Data for this task -
──────

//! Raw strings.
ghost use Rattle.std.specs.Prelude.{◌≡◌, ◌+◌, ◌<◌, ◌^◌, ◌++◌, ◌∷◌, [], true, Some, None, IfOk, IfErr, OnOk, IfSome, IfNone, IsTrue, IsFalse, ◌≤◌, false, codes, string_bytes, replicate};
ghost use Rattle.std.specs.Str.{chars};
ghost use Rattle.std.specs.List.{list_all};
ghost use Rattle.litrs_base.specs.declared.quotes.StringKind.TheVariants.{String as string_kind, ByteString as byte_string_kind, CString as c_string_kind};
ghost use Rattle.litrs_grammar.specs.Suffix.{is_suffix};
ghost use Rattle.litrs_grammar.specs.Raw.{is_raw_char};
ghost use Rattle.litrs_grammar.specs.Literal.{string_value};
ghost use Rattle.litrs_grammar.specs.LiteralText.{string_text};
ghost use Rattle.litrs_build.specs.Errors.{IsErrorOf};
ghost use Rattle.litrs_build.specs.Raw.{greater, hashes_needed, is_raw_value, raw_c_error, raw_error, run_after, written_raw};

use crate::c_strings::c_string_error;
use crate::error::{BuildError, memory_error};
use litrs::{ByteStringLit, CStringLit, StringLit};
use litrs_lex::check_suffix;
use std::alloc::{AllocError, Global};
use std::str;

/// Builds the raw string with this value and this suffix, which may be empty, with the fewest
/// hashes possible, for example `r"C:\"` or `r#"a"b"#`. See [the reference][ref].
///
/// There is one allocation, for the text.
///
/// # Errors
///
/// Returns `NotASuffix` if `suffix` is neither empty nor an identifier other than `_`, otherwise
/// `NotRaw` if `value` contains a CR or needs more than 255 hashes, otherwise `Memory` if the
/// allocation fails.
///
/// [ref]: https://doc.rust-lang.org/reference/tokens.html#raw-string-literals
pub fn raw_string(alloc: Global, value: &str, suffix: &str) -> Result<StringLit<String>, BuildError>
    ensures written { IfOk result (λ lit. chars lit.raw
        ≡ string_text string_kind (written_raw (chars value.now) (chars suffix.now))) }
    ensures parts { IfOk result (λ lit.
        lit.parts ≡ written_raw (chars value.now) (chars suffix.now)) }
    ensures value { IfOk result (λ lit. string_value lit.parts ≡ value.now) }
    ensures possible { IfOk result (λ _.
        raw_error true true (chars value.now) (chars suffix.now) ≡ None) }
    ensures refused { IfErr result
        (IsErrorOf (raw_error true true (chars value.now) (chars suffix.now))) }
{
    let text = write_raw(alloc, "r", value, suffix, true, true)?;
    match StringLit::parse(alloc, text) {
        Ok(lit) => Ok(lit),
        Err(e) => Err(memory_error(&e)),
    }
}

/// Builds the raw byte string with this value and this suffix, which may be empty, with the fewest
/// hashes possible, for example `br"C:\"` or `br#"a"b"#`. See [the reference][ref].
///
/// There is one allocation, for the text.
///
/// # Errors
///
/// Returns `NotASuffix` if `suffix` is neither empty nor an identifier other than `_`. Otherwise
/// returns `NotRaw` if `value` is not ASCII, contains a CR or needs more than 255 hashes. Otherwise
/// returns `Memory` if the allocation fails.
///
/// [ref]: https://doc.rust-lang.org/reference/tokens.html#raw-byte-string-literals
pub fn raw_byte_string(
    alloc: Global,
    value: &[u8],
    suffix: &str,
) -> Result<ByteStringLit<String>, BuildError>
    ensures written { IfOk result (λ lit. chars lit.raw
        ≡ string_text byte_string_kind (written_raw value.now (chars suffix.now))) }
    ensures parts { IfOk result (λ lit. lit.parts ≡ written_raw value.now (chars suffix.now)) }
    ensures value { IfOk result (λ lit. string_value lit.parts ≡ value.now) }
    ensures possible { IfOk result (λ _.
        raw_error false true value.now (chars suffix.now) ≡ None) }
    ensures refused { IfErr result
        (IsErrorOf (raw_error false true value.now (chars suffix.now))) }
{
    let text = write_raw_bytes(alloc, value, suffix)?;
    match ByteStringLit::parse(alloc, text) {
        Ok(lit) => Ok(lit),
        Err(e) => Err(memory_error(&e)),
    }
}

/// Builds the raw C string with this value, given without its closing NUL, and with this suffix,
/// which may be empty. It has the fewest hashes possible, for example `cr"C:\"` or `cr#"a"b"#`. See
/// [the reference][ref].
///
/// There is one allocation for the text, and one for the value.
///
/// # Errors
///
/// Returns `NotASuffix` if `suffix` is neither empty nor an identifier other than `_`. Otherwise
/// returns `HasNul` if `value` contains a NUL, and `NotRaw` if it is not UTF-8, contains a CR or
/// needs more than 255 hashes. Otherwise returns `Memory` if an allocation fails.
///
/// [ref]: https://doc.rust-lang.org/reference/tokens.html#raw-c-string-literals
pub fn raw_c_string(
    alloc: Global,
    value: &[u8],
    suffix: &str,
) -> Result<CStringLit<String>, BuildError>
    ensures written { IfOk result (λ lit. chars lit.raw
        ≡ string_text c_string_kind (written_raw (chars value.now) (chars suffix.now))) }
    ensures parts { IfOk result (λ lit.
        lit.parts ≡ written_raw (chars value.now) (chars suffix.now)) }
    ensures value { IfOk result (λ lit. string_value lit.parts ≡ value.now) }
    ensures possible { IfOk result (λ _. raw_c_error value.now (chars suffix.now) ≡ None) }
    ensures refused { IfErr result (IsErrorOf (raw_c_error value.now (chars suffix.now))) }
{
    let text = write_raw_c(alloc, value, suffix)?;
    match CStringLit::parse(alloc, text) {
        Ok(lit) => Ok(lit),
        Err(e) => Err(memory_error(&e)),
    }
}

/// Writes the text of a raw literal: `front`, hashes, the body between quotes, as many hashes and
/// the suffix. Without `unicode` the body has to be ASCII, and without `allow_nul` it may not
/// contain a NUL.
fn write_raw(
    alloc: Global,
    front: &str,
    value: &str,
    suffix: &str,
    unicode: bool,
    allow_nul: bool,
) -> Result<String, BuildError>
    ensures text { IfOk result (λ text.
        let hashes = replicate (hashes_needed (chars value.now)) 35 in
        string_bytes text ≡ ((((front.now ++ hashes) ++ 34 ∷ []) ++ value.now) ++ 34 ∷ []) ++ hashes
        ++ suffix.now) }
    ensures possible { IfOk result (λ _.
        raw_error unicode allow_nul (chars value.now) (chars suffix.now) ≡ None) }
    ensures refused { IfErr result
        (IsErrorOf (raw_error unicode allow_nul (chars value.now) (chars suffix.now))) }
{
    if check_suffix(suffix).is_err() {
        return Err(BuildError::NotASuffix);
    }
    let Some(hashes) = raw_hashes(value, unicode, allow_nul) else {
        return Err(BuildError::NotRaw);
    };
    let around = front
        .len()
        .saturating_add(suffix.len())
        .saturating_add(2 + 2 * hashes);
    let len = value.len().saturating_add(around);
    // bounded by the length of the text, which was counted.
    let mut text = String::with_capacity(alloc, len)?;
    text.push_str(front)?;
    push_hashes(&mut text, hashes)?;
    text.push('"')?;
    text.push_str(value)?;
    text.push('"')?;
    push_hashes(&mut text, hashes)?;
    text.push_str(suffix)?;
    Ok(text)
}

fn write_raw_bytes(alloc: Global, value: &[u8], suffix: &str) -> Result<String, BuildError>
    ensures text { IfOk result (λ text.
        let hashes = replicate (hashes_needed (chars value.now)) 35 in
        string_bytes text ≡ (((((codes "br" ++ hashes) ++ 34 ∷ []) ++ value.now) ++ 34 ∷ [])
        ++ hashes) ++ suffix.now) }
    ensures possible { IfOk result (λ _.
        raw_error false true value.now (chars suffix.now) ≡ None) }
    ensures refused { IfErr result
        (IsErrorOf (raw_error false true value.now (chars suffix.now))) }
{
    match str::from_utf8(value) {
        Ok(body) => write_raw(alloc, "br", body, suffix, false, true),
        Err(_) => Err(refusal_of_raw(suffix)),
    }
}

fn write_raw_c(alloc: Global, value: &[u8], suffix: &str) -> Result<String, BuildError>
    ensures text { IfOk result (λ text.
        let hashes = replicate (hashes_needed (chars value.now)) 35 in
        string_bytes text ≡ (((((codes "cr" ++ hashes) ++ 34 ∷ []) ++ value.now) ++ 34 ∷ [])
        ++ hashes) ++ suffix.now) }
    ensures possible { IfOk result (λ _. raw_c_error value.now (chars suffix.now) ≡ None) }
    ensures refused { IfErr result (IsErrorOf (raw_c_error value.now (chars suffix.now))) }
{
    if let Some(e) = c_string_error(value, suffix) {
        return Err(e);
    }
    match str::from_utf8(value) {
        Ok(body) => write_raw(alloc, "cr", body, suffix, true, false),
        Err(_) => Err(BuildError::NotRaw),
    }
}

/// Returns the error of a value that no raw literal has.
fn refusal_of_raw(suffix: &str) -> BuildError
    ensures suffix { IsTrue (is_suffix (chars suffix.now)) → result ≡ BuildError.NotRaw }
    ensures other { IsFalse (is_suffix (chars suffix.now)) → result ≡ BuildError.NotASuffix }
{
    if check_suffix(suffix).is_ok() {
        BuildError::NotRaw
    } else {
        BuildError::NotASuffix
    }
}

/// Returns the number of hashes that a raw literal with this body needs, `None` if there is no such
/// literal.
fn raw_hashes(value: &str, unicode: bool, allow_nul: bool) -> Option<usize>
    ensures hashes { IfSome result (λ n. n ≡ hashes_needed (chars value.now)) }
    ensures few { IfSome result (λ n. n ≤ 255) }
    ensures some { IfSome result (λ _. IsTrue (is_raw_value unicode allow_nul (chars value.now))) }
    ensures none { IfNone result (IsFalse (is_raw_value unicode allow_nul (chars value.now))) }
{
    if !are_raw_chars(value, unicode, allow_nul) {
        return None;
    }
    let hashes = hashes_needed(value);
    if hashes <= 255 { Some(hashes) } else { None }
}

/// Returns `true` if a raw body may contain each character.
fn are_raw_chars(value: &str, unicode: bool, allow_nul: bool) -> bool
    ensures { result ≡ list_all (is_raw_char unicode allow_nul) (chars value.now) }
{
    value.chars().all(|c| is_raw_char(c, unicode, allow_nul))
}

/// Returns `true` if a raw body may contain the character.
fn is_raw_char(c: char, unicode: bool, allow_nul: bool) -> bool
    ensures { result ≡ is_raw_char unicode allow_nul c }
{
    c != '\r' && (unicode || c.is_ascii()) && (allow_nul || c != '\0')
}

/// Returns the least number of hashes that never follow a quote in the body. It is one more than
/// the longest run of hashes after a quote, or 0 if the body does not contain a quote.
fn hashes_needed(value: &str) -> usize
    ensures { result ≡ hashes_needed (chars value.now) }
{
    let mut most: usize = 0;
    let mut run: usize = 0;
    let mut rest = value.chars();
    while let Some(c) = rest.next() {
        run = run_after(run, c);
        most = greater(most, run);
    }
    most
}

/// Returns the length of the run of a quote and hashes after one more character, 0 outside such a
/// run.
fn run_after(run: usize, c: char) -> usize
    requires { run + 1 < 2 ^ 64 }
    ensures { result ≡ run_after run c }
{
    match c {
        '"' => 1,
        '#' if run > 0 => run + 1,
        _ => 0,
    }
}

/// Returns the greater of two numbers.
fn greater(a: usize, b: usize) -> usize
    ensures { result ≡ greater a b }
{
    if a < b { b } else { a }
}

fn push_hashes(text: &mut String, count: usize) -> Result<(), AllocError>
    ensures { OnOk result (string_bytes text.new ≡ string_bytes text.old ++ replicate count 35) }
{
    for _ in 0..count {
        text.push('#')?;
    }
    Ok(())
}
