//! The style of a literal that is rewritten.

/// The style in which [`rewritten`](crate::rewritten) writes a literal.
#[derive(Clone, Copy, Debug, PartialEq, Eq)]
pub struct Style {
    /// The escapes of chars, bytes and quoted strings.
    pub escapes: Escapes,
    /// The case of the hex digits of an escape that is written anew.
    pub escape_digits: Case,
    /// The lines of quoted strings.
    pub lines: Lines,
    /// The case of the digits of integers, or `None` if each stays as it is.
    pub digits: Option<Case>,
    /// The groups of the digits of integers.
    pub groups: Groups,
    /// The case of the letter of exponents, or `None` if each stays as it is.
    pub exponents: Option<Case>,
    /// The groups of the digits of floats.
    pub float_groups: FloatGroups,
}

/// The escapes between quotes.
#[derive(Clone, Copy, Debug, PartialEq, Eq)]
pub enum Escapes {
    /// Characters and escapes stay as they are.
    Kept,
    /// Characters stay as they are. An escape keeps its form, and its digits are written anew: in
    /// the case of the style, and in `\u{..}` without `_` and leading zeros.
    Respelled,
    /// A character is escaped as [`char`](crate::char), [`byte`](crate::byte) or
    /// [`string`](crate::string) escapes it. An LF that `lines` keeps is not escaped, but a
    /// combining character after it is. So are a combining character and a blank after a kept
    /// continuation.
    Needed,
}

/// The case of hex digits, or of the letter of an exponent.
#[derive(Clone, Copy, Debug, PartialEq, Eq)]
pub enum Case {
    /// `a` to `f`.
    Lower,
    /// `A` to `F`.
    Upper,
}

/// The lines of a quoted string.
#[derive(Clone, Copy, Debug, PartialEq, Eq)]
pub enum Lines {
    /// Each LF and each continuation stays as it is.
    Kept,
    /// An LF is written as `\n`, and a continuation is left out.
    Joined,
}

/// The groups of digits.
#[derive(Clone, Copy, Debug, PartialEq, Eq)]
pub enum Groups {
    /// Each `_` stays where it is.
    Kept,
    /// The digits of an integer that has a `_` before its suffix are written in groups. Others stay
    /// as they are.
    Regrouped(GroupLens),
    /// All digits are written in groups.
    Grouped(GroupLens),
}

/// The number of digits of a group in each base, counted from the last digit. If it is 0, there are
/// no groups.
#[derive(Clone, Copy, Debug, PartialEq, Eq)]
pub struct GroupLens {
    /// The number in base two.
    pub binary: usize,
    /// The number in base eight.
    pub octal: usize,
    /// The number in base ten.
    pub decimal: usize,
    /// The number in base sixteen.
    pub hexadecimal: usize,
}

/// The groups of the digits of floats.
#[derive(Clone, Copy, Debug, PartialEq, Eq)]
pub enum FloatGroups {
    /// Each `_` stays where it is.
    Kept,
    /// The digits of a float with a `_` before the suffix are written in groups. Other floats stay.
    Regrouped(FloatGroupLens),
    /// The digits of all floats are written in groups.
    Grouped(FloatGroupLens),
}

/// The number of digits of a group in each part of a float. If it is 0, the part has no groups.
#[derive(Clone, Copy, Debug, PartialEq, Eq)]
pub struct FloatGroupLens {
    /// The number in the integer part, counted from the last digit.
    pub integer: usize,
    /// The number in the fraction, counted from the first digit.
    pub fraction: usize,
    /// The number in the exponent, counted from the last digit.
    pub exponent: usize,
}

──────

What to produce -
Taking the entries above, restate exactly those lines that fall between the line with "escapes between quotes." and the line with "of an exponent.", keeping both of those lines too.

Answer to the problem -
/// The escapes between quotes.
#[derive(Clone, Copy, Debug, PartialEq, Eq)]
pub enum Escapes {
    /// Characters and escapes stay as they are.
    Kept,
    /// Characters stay as they are. An escape keeps its form, and its digits are written anew: in
    /// the case of the style, and in `\u{..}` without `_` and leading zeros.
    Respelled,
    /// A character is escaped as [`char`](crate::char), [`byte`](crate::byte) or
    /// [`string`](crate::string) escapes it. An LF that `lines` keeps is not escaped, but a
    /// combining character after it is. So are a combining character and a blank after a kept
    /// continuation.
    Needed,
}

/// The case of hex digits, or of the letter of an exponent.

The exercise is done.